(SOURCE DATA Opens)

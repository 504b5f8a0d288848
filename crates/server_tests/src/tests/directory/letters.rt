// A death, and its move while others publish.
use super::broker::Broker;
use super::world::{Scene, asked, open, settle, sit, with_rows};
use delivery_machine::Reply;
use std::process::Abort;
use std::rt::Clock;
use std::sync::Wait;
use std::test::*;

pub(super) const T: &str = "persistent://public/default/t";

pub(super) const GRAVE: &str = "persistent://public/default/t-s-DLQ";

const OTHER: &str = "persistent://public/default/u";

/// A message that has died once it is stored.
pub(super) const BEFORE: [&str; 3] = [
    "producer p -",
    "subscribe s Shared 0 push:10 0 100 1 - Earliest",
    "publish 1 0 - aGk= 1000",
];

pub(super) const DEATH: [&str; 6] = [
    "dispatch s 1000",
    "nack 1 CAAQAA== 1000",
    "tick s 1100",
    "dispatch s 1100",
    "nack 1 CAAQAA== 1100",
    "tick s 1200",
];

fn check_answered<R: Abort>(rt: &R, reply: &Reply, line: &str) {
    assert!(rt; !matches!(reply, Reply::Refused(_)), "{}", line);
}

pub(super) fn play<D: Broker, R: Abort + AllocGlobal + Wait>(
    rt: &R,
    topics: &D,
    seat: &D::Seat,
    lines: &[&str],
) {
    for line in lines {
        let reply = asked(rt, topics, seat, line);
        check_answered(rt, &reply, line);
        drop(reply);
    }
}

/// A subscription whose member is sent what waits, up to three messages.
const READING: [&str; 4] = [
    "subscribe g Shared 0 push:10 0 0 0 - Earliest",
    "dispatch g 2000",
    "dispatch g 2000",
    "dispatch g 2000",
];

fn copies_in(reply: &Reply) -> usize {
    match reply {
        Reply::Copies(copies) => copies.as_slice().len(),
        _ => 0,
    }
}

/// How many letters the dead-letter topic has, of which none is sent twice.
pub(super) fn letters<D: Broker, R: Abort + AllocGlobal + Wait>(rt: &R, topics: &D) -> usize {
    let seat = sit(rt, topics, GRAVE);
    for line in READING {
        drop(asked(rt, topics, &seat, line));
    }
    let reply = asked(rt, topics, &seat, "collect 1");
    let count = copies_in(&reply);
    drop(reply);
    topics.detach(rt, seat);
    count
}

fn expect_one<R: Abort>(rt: &R, letters: usize) {
    assert_eq!(rt; letters, 1);
}

/// A message dies once it is stored, and its consumer goes.
pub(super) fn die<D: Broker, R: Abort + AllocGlobal + Wait + Clock>(rt: &R, topics: &D) {
    let seat = sit(rt, topics, T);
    play(rt, topics, &seat, &BEFORE);
    settle(rt, topics);
    play(rt, topics, &seat, &DEATH);
    topics.detach(rt, seat);
}

/// No letter is left, and the dead-letter topic has it.
pub(super) fn check_letters<D: Broker, R: Abort + AllocGlobal + Wait>(rt: &R, topics: &D) {
    let seat = sit(rt, topics, T);
    let left = asked(rt, topics, &seat, "deadnext s");
    assert!(rt; matches!(left, Reply::NoDead));
    drop(left);
    topics.detach(rt, seat);
    expect_one(rt, letters(rt, topics));
}

/// A broker at which others publish all the time, so that some topic always waits to be stored.
struct UnderLoad;

fn publish<D: Broker, R: Abort + AllocGlobal + Wait>(
    rt: &R,
    topics: &D,
    seat: &D::Seat,
    number: u32,
) {
    let line = format!(in rt.alloc(); "publish 1 {number} - aGk= 2000").expect(rt, "no memory");
    drop(asked(rt, topics, seat, line.as_str()));
}

/// So many tasks of the thread and steps of its courier, before each of which another topic has one message more.
fn do_under_load<D: Broker, R: Abort + AllocGlobal + Wait + Clock>(rt: &R, topics: &D, tasks: u32) {
    let seat = sit(rt, topics, OTHER);
    drop(asked(rt, topics, &seat, "producer q -"));
    let mut errands = D::tasks(rt);
    for number in 0..tasks {
        publish(rt, topics, &seat, number);
        topics.keep_once(rt, &mut errands);
    }
    drop(errands);
    topics.detach(rt, seat);
}

impl Scene for UnderLoad {
    fn play<D: Broker, R: Abort + AllocGlobal + Wait + Clock>(&self, rt: &R, keeper: D::Rows) {
        let topics: D = open(rt, keeper, 8);
        die(rt, &topics);
        do_under_load(rt, &topics, 20);
        check_letters(rt, &topics);
        drop(topics);
    }
}

#[test]
fn a_letter_is_moved_while_others_publish(rt: HostRuntime) {
    with_rows(&rt, &UnderLoad);
}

(SOURCE DATA Closes)

EXERCISE INSTRUCTIONS |
After reading the data, retype all of it exactly as it reads.

ANSWER TO THIS EXERCISE |
repository 504b5f8a0d288848
filename crates/server_tests/src/tests/directory/letters.rt
// A death, and its move while others publish.
use super::broker::Broker;
use super::world::{Scene, asked, open, settle, sit, with_rows};
use delivery_machine::Reply;
use std::process::Abort;
use std::rt::Clock;
use std::sync::Wait;
use std::test::*;

pub(super) const T: &str = "persistent://public/default/t";

pub(super) const GRAVE: &str = "persistent://public/default/t-s-DLQ";

const OTHER: &str = "persistent://public/default/u";

/// A message that has died once it is stored.
pub(super) const BEFORE: [&str; 3] = [
    "producer p -",
    "subscribe s Shared 0 push:10 0 100 1 - Earliest",
    "publish 1 0 - aGk= 1000",
];

pub(super) const DEATH: [&str; 6] = [
    "dispatch s 1000",
    "nack 1 CAAQAA== 1000",
    "tick s 1100",
    "dispatch s 1100",
    "nack 1 CAAQAA== 1100",
    "tick s 1200",
];

fn check_answered<R: Abort>(rt: &R, reply: &Reply, line: &str) {
    assert!(rt; !matches!(reply, Reply::Refused(_)), "{}", line);
}

pub(super) fn play<D: Broker, R: Abort + AllocGlobal + Wait>(
    rt: &R,
    topics: &D,
    seat: &D::Seat,
    lines: &[&str],
) {
    for line in lines {
        let reply = asked(rt, topics, seat, line);
        check_answered(rt, &reply, line);
        drop(reply);
    }
}

/// A subscription whose member is sent what waits, up to three messages.
const READING: [&str; 4] = [
    "subscribe g Shared 0 push:10 0 0 0 - Earliest",
    "dispatch g 2000",
    "dispatch g 2000",
    "dispatch g 2000",
];

fn copies_in(reply: &Reply) -> usize {
    match reply {
        Reply::Copies(copies) => copies.as_slice().len(),
        _ => 0,
    }
}

/// How many letters the dead-letter topic has, of which none is sent twice.
pub(super) fn letters<D: Broker, R: Abort + AllocGlobal + Wait>(rt: &R, topics: &D) -> usize {
    let seat = sit(rt, topics, GRAVE);
    for line in READING {
        drop(asked(rt, topics, &seat, line));
    }
    let reply = asked(rt, topics, &seat, "collect 1");
    let count = copies_in(&reply);
    drop(reply);
    topics.detach(rt, seat);
    count
}

fn expect_one<R: Abort>(rt: &R, letters: usize) {
    assert_eq!(rt; letters, 1);
}

/// A message dies once it is stored, and its consumer goes.
pub(super) fn die<D: Broker, R: Abort + AllocGlobal + Wait + Clock>(rt: &R, topics: &D) {
    let seat = sit(rt, topics, T);
    play(rt, topics, &seat, &BEFORE);
    settle(rt, topics);
    play(rt, topics, &seat, &DEATH);
    topics.detach(rt, seat);
}

/// No letter is left, and the dead-letter topic has it.
pub(super) fn check_letters<D: Broker, R: Abort + AllocGlobal + Wait>(rt: &R, topics: &D) {
    let seat = sit(rt, topics, T);
    let left = asked(rt, topics, &seat, "deadnext s");
    assert!(rt; matches!(left, Reply::NoDead));
    drop(left);
    topics.detach(rt, seat);
    expect_one(rt, letters(rt, topics));
}

/// A broker at which others publish all the time, so that some topic always waits to be stored.
struct UnderLoad;

fn publish<D: Broker, R: Abort + AllocGlobal + Wait>(
    rt: &R,
    topics: &D,
    seat: &D::Seat,
    number: u32,
) {
    let line = format!(in rt.alloc(); "publish 1 {number} - aGk= 2000").expect(rt, "no memory");
    drop(asked(rt, topics, seat, line.as_str()));
}

/// So many tasks of the thread and steps of its courier, before each of which another topic has one message more.
fn do_under_load<D: Broker, R: Abort + AllocGlobal + Wait + Clock>(rt: &R, topics: &D, tasks: u32) {
    let seat = sit(rt, topics, OTHER);
    drop(asked(rt, topics, &seat, "producer q -"));
    let mut errands = D::tasks(rt);
    for number in 0..tasks {
        publish(rt, topics, &seat, number);
        topics.keep_once(rt, &mut errands);
    }
    drop(errands);
    topics.detach(rt, seat);
}

impl Scene for UnderLoad {
    fn play<D: Broker, R: Abort + AllocGlobal + Wait + Clock>(&self, rt: &R, keeper: D::Rows) {
        let topics: D = open(rt, keeper, 8);
        die(rt, &topics);
        do_under_load(rt, &topics, 20);
        check_letters(rt, &topics);
        drop(topics);
    }
}

#[test]
fn a_letter_is_moved_while_others_publish(rt: HostRuntime) {
    with_rows(&rt, &UnderLoad);
}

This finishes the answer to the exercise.